Tenendo conto di questa concezione rigorosamente religiosa della storia non possiamo aspettarci da Agostino alcun interesse particolare per la storia profana. Per tale ragione Agostino nella sua opera si interessa solamente di due imperi: quello assiro in oriente e quello romano in occidente (sembra quasi un’anticipazione della tesi hegeliana che tutta la storia fornita di senso procede dall’oriente all’occidente). Egitto, Grecia e Macedonia vengono appena nominati da Agostino, cosa che appare senza dubbio sorprendente.
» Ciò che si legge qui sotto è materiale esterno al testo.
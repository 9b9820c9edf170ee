//! Values and graphs, which every crate of GP 2 speaks of.
//!
//! `Atom`, `List`, `NodeMark` and `EdgeMark` are what nodes and edges carry: make a `List` by `List::new` and
//! `List::push`, read it by `List::atoms`, write it by `List::write_label`.
//! What a host graph is to every contract stands in `specs/Graph.antt`: two finite maps and two next numbers, with
//! the named edits that contracts cite (Plump 2012, "The Design of GP 2", section 2; Bak 2015 for roots and marks).
//! Readers and checkers look names of nodes, edges, variables, rules and procedures up in a `NameTable`: begin with
//! `NameTable::new` and `add`. Its contracts speak of the list of names (`specs/Names`), so no definition names a table.
//! `laws` has what holds of those edits, whoever makes them: call its functions where a proof needs such a law.
#![tactic(auto)]

mod atom;
mod chars;
mod integer;
mod label;
pub mod laws;
mod list;
mod marks;
mod names;

pub use atom::Atom;
pub use chars::Chars;
pub use integer::Integer;
pub use list::List;
pub use marks::{EdgeMark, NodeMark};
pub use names::NameTable;
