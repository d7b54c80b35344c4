//! The tiles that are kept of an extract can be finished: the law, and what it asks of pieces.
#![tactic(auto)]

mod laws;
mod spelled;

pub use laws::lifted_are_finishable;
pub use spelled::pieces_spell;
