//! The law.
ghost use Rattle.kept_checks.specs.KeptChecks.{LiftedAreFinishable};

use edge_builder::{extract_roads, pieces_told_forward};
use kept_rows::{lifted_are_table, open_table_is_plain};

/// Where no limit is passed, the tiles that are kept can be numbered and finished on their levels. That the numbers of a key fit their
/// bytes, and that names are UTF-8, is known of the pieces themselves, by their types.
pub fn lifted_are_finishable()
    ensures { LiftedAreFinishable }
{
    extract_roads();
    pieces_told_forward();
    lifted_are_table();
    open_table_is_plain();
}
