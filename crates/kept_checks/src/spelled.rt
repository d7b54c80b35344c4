//! What the types of keys and of texts say of pieces.
ghost use Rattle.std.specs.Prelude.{◌≡◌, true, All};
ghost use Rattle.std.specs.Str.{IsUtf8, is_utf8};
ghost use Rattle.edge_info.specs.Entries.{KeyFits};
ghost use Rattle.kept_checks.specs.KeptChecks.{IsSpellable};

use osm_model::PieceKey;
use road_pieces::{NamesView, PieceView, Pieces};

/// Does nothing: it tells the caller that a text is UTF-8.
fn text_spells(text: &str)
    ensures { IsUtf8 text.now }
{
    let _ = text.len();
}

/// Does nothing: it tells the caller that the numbers of a key fit their bytes.
fn key_spells(key: PieceKey)
    ensures { KeyFits key }
{
    let (_, _, _) = (key.way, key.run, key.piece);
}

/// Does nothing: it tells the caller that these names are UTF-8.
fn names_spell(names: &NamesView<'_>)
    ensures { All (λ name. is_utf8 name ≡ true) names.now }
{
    for k in 0..names.len() {
        text_spells(names.at(k));
    }
}

/// Does nothing: it tells the caller what the types of its key and its names say of a piece.
fn piece_spells(piece: &PieceView<'_>)
    ensures { IsSpellable piece.now }
{
    key_spells(piece.key());
    names_spell(piece.names());
}

/// Does nothing: it tells the caller what the types of their keys and names say of pieces.
pub fn pieces_spell(pieces: &Pieces)
    ensures { All IsSpellable pieces.now }
{
    for i in 0..pieces.len() {
        piece_spells(&pieces.at(i));
    }
}
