//! Scripts in files of the host, and the command `replay`. Each script is read whole before anything runs.
//!
//! Read `replay_file` first. Only safety is proved.
#![tactic(auto)]

use faults::{Fault, Role};
use host_files::text_in;
use scripts::{Script, replay, replay_cone};
use std::io::{self, Read, Write};
use std::rt::Files;

/// What came of the script in a file. A fault of the script has the file's path then.
fn of_script<R: AllocGlobal, T: Drop>(
    rt: &R,
    path: &str,
    done: Result<T, Fault>,
) -> Result<T, Fault> {
    match done {
        Ok(done) => Ok(done),
        Err(fault) => Err(fault.of(rt.alloc(), Role::Script, path)),
    }
}

/// The script in a file.
fn script_in<R: Files + AllocGlobal>(rt: &R, path: &str) -> Result<Script, Fault> {
    let text = text_in(rt, path)?;
    Script::of_file(rt.alloc(), path, text.as_str())
}

/// Replays the script on the input.
pub fn replay_input<R: Files + AllocGlobal, I: Read, O: Write>(
    rt: &R,
    input: &mut I,
    out: &mut O,
) -> Result<(), Fault> {
    let text = io::read_to_string(rt.alloc(), input)?;
    replay(rt, Script::parse(rt.alloc(), text.as_str())?, out)
}

/// Replays the script in a file.
pub fn replay_file<R: Files + AllocGlobal, O: Write>(
    rt: &R,
    path: &str,
    out: &mut O,
) -> Result<(), Fault> {
    of_script(rt, path, replay(rt, script_in(rt, path)?, out))
}

/// Replays the script in a file without printing, and prints the cone of the event of this number.
pub fn replay_cone_file<R: Files + AllocGlobal, O: Write>(
    rt: &R,
    path: &str,
    event: u64,
    out: &mut O,
) -> Result<(), Fault> {
    let script = script_in(rt, path)?;
    of_script(rt, path, replay_cone(rt, script, event, out))
}
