// What a passed ladder means, said once: the storey between the leaves and the public crates. This crate is its vocabulary and its laws, and has
// no code. `checked_table`, `checked_present`, `checked_limits` and `checked_rungs` ask the rungs; `checked_nodes` tells of checked nodes, and
// `checked_writers` writes whole records.
#![tactic(auto)]
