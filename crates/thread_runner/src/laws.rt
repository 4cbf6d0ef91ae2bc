//! Laws of jobs on several threads. Each is a function whose contract is the law.

ghost use Rattle.thread_runner.specs.ByAccount.{TurnsKeepWhatRan, JobsRunTheirScripts, NewScriptsAreReady, NewScriptsRun};
ghost use Rattle.thread_runner.specs.Driving.{PartsAreCutAlike};

/// What turns by the account of a pass come to: the script's lines, one after the other.
pub fn turns_by_account_run_scripts()
    ensures turns { TurnsKeepWhatRan }
    ensures over { JobsRunTheirScripts }
{}

/// A script's turns from its first line on, by the account of a pass that had begun nothing.
pub fn new_scripts_run()
    ensures ready { NewScriptsAreReady }
    ensures run { NewScriptsRun }
{}

/// The parts of a cut are cut as the whole is.
pub fn parts_are_cut_alike()
    ensures { PartsAreCutAlike }
{}
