//! Passes without a transaction, which the workers of a store share.
//!
//! 1. They are made readers of an open transaction for as long as one scan takes, and have no transaction between two
//!    scans. So they never make a commit, and come back with the accounts with which they came.

ghost use Rattle.std.specs.Prelude.{◌≡◌, ◌<◌, ◌≤◌, true, Some, IfOk, length};
ghost use Rattle.graph_model.specs.Rows.{all_rows};
ghost use Rattle.part_scan.specs.Parts.{rows_in};
ghost use Rattle.worker_calls.specs.SharedStore.Passes.{IsOpen, KeepsOpen, view_in};
ghost use Rattle.rebalance_service.specs.Spare.{AreSpare, AreSpareOf};

use crate::worker::Home;
use graph_model::NoMemory;
use part_scan::RowLists;
use std::marker::PhantomData;
use std::sync::Wait;
use std::thread::Threads;
use worker_calls::below::{Pass, Store, scan_parts};
use worker_calls::read_alone;

/// Passes of the store of `H`, none of which has a transaction.
pub struct IdlePasses<H: Home> {
    passes: Vec<Pass>,
    of: PhantomData<H>,
    pub ghost spare: { ∥ AreSpareOf H.home H.spare passes.items ∥₁ },
}

impl<H: Home> IdlePasses<H> {
    /// Has these passes lent to whoever scans. Takes no memory.
    pub fn new(store: &Store, passes: Vec<Pass>) -> IdlePasses<H>
        requires home { H.home ≡ Some store.now }
        requires spare { AreSpare store.now H.spare passes.items }
    {
        IdlePasses {
            passes,
            of: PhantomData,
        }
    }

    /// All of them, in their order and as they were. Takes no memory.
    pub fn into_passes(self, store: &Store) -> Vec<Pass>
        requires home { H.home ≡ Some store.now }
        ensures spare { AreSpare store.now H.spare result.items }
    {
        let IdlePasses { passes, of: _ } = self;
        passes
    }

    /// Reads all rows that the open transaction of a pass sees, by as many readers as there are passes, into a list
    /// each. Where there are none, or more than lists are asked for, the pass reads alone. May wait.
    pub(crate) fn read<R: Threads + Wait + Sync>(
        &mut self,
        rt: &R,
        store: &Store,
        pass: &mut Pass,
        most: u32,
    ) -> Result<RowLists, NoMemory>
        requires home { H.home ≡ Some store.now }
        requires opened { IsOpen store.now pass.old }
        requires some { 0 < most }
        ensures kept { KeepsOpen store.now pass.old pass.new }
        ensures few { IfOk result (λ lists. length lists ≤ most) }
        ensures rows { IfOk result (λ lists. rows_in lists ≡ all_rows (view_in store.now pass.old)) }
    {
        if !self.serve(most) {
            return read_alone(rt, store, pass);
        }
        scan_parts(rt, store, pass, &mut self.passes)
    }

    /// Whether there are some, and no more than this.
    fn serve(&self, most: u32) -> bool
        ensures { result ≡ true → (0 < length self.now.passes.items) × (length self.now.passes.items ≤ most) }
    {
        !self.passes.is_empty() && self.passes.len() <= most as usize
    }
}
A nostro avviso pur ammettendo la grandezza e la genialità della filosofia della storia di Agostino è possibile individuare un punto abbastanza debole nella sua opera e nel suo pensiero di filosofo della storia. Infatti senza nessun dubbio Agostino ha tralasciato il tentativo di stabilire una relazione tra le cause primarie ovvero il piano provvidenziale di Dio e le cause secondarie che agiscono nel processo storico in quanto tali cosicché Agostino dimostra scarso interesse nel cercare di stabilire un preciso legame tra il piano storico e quello metastorico.
D’altra parte dobbiamo anche comprendere che aspettarci da Agostino una critica storica dei fatti empirici sarebbe una pretesa del tutto fuori luogo in quanto ad Agostino interessava soprattutto l’intento apologetico. In altri termini ad Agostino interessava creare una filosofia della storia nella quale fosse presente un incondizionato riconoscimento di Dio come autorità sovrana che promuove, frena ed inverte i progetti degli uomini mediante l’utilizzazione della provvidenza divina. Di conseguenza dobbiamo tener presente che qualsiasi concezione provvidenzialistica della storia non può dare molta importanza alla critica razionale dei fatti storici empirici né può cercare di mettere in evidenza in maniera razionale il legame tra il piano metastorico e quello storico poiché tale legame può essere colto solo dalla fede e non dalla razionalità.